David L. Hudson, Jr. is a First Amendment Scholar with the First Amendment Center at Vanderbilt University. He teaches at Vanderbilt University Law School and Nashville School of Law. He is the author of Let the Students Speak!: A History of the Fight For Free Expression in American Schools.
Dissenting opinions obviously don’t have the force of law that majority opinions do. But that doesn’t mean they aren’t better reasoned. Recall that Justice John Marshall Harlan (the first one) was known as “the Great Dissenter” in part for his solitary dissent in the abhorrent Plessy v. Ferguson (1896), in which the Court sanctioned segregation and the noxious separate-but-equal doctrine.

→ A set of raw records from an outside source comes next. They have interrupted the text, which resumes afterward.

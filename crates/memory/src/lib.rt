// Elements in lent memory: up to 65,536 bytes that stand at a first address. `read` answers an element's bytes, `write`
// stores them. Each refuses in document 01's order: 3, 6, 10, 11.
#![tactic(auto)]

pub mod copy;
pub mod place;

ghost use Rattle.memory.specs.Answers.{Answered};
ghost use Rattle.memory.specs.Elements.{read_of, Wrote, told_written};

use crate::place::Place;
use layout::{ByteAddress, Layout};
use refusal::Refusal;

#[derive(Clone, Copy)]
pub enum Answer {
    // How many bytes were read.
    Bytes(usize),
    Refused(Refusal),
}

// What a read answers. The bytes stand at the front, in the order of their addresses, and zeros after them. A refusal has
// zeros alone.
#[derive(Clone, Copy)]
pub struct Reading {
    pub answer: Answer,
    pub bytes: [u8; 16],
}

#[derive(Drop)]
pub enum Written {
    Done,
    Refused(Refusal),
}

// The bytes of the element at (x, y) as they stand in memory whose first byte is at `first`; or 3 and 6 for a layout that
// isn't accepted, 10 for a pair outside its window, 11 where memory is too long, ends too high or doesn't hold the whole
// element.
pub fn read(layout: Layout, x: u32, y: u32, memory: &[u8], first: ByteAddress) -> Reading
    ensures { Answered (read_of layout x y first.0 memory.now) result }
{
    match place::find(layout, x, y, first, memory.len()) {
        Place::Refused(why) => copy::refused(why),
        Place::At(a) => {
            let size = layout.size as usize;
            copy::one(&memory[a..a + size])
        }
    }
}

// Stores the element at (x, y), whose bytes are `given`, and touches no other byte of memory; or refuses as `read` does, also
// with 11 for data that isn't the element's size. A refusal touches nothing.
pub fn write(
    layout: Layout,
    x: u32,
    y: u32,
    memory: &mut [u8],
    first: ByteAddress,
    given: &[u8],
) -> Written
    ensures { Wrote layout x y first.0 given.now (told_written result) memory.old memory.new }
{
    match place::find(layout, x, y, first, memory.len()) {
        Place::Refused(why) => Written::Refused(why),
        Place::At(a) => {
            let size = layout.size as usize;
            if given.len() != size {
                return Written::Refused(Refusal::WrongLength);
            }
            copy::store(&mut memory[a..a + size], given);
            Written::Done
        }
    }
}
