// What is kept of readiness, judged by working it out anew from the settings.
ghost use Rattle.std.specs.Prelude.{◌≡◌, [], ◌<◌};
ghost use Rattle.laws.specs.Choice.{pick};
ghost use Rattle.state.specs.State.{unset};
ghost use Rattle.state.specs.Cells.{buffer_at, party_of, party_cells, shared_of};
ghost use Rattle.state.specs.Effects.{renewed, window_from};
ghost use Rattle.state.specs.Readiness.{readiness_for, window_for};
ghost use Rattle.judges.specs.Judged.{WorkAsked, same_readiness, window_kept};

use command::format;
use command::format::Window;
use start::ready;
use state::{own, settings};

// How many numbers are kept of readiness, from own::READINESS on.
const NUMBERS: usize = 14;

// The window of the output whose cells begin at a place. Another party's is as if it weren't set, and its words 0.
fn window_at(owned: bool, shared: &[u32; state::SHARED_CELLS], at: usize) -> Window
    requires { at < 98 }
    ensures { window_from result.step result.span ≡ window_for (pick owned (buffer_at shared.now at) unset) }
{
    if owned {
        format::window_of(shared[at + 1], shared[at + 2], shared[at + 3]).unwrap_or(
            format::NO_WINDOW,
        )
    } else {
        format::NO_WINDOW
    }
}

// Keeps the window of one output of the settings.
fn keep_window(own: &mut [u32; state::OWN_CELLS], shared: &[u32; state::SHARED_CELLS], number: u32)
    requires { number < 4 }
    ensures { own.new ≡ party_cells (window_kept number (shared_of shared.now) (party_of own.old [])) }
{
    let owned = owners::is_on(own[own::MINE], owners::FIRST_OUTPUT + number);
    let window = window_at(owned, shared, settings::OUTPUTS + 4 * number as usize);
    own::set_window(own, number, window.step, window.span);
}

// Works out what the settings alone give a start, whatever was kept of it.
fn work_out(own: &mut [u32; state::OWN_CELLS], shared: &[u32; state::SHARED_CELLS])
    requires { WorkAsked own.old shared.now }
    ensures { own.new ≡ party_cells (renewed (shared_of shared.now) (party_of own.old [])) }
{
    keep_window(own, shared, 0);
    keep_window(own, shared, 1);
    keep_window(own, shared, 2);
    keep_window(own, shared, 3);
    ready::renew(own, shared);
}

// Whether two parties' numbers of readiness are the same.
fn are_same(own: &[u32; state::OWN_CELLS], fresh: &[u32; state::OWN_CELLS]) -> bool
    ensures { result ≡ same_readiness (party_of own.now []).readiness (party_of fresh.now []).readiness }
{
    let mut good = true;
    for k in 0..NUMBERS {
        good = good & (own[own::READINESS + k] == fresh[own::READINESS + k]);
    }
    good
}

// Whether what is kept of readiness is what the settings give.
pub fn is_kept(own: &[u32; state::OWN_CELLS], shared: &[u32; state::SHARED_CELLS]) -> bool
    requires { WorkAsked own.now shared.now }
    ensures { result ≡ same_readiness (party_of own.now []).readiness (readiness_for (party_of own.now []) (shared_of shared.now)) }
{
    let mut fresh = *own;
    work_out(&mut fresh, shared);
    are_same(own, &fresh)
}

Judge Rosemary Pooler’s March 22 dissent in the student-speech case Cuff v. Valley Central School District from the 2nd U.S. Circuit Court of Appeals may not rise even close to that level of prominence. Yet it brought some much-needed perspective to an area of law in desperate need of it.
The case involved a class assignment in 2007 for fifth-graders at Berea Elementary School in Montgomery, N.Y., to color in a picture of an astronaut and write anything on it they wanted. The teacher allegedly told the class: “When I mean anything you want, anything. You can write about missiles.”
Hearing this, 10-year-old B.C. — in juvenile cases often only initials are used — wrote on his picture that he wanted to “blow up the school with all the teachers in it.” He showed the picture to his classmates and they laughed.
It was no laughing matter to the teacher, and B.C. received a six-day suspension. His parents sued on his behalf, alleging a violation of his First Amendment rights. When the case reached the 2nd Circuit, the three-judge panel ruled 2-1 in favor of school officials.
Judge Ralph Winter reasoned that school officials must have broad authority to handle student-speech issues in order to prevent violence or a substantial disruption of school under the U.S. Supreme Court’s famous decision in Tinker v. Des Moines Independent Community School District (1969).
“Courts have allowed wide leeway to school administrators disciplining students for writings or other conduct threatening violence,” he wrote. “The threat of substantial disruption was aggravated by B.C.’s sharing of his ‘wish’ with fellow students, an act reasonably perceived as an attention-grabbing device.” The reasoning was that other students might engage in distracting copycat behavior that would interrupt education at the school.
Judge Pooler disagreed with this line of reasoning, noting that Tinker requires at least a forecast of a substantial disruption. To Pooler, B.C.’s act created only a “minor disruption.”
She also warned that the majority opinion allows a speaker’s First Amendment freedoms to be determined entirely by listeners. She didn’t use the term, but the majority opinion sanctioned the idea of a heckler’s veto on speech.
“The First Amendment’s protection of free speech cannot hinge entirely on the reaction of a listener to a person’s speech,” she wrote. “If that were the case, the First Amendment would be only as strong as the weakest, or at least the most thin-skinned, listener in a crowd.”
Pooler did not say that the student should win the case. Disputed factual issues, such as the meaning and relevance of B.C.’s past drawings, required the case to go to jury, she said.
The majority seemed to declare that any student expression with violent themes justifies school punishment. Pooler dug deeper and questioned such unrestrained deference to school officials by the majority.
Her opinion brings to mind Justice Abe Fortas’ warning in Tinker: “[I]n our system, undifferentiated fear or apprehension of disturbance is not enough to overcome the right to freedom of expression.”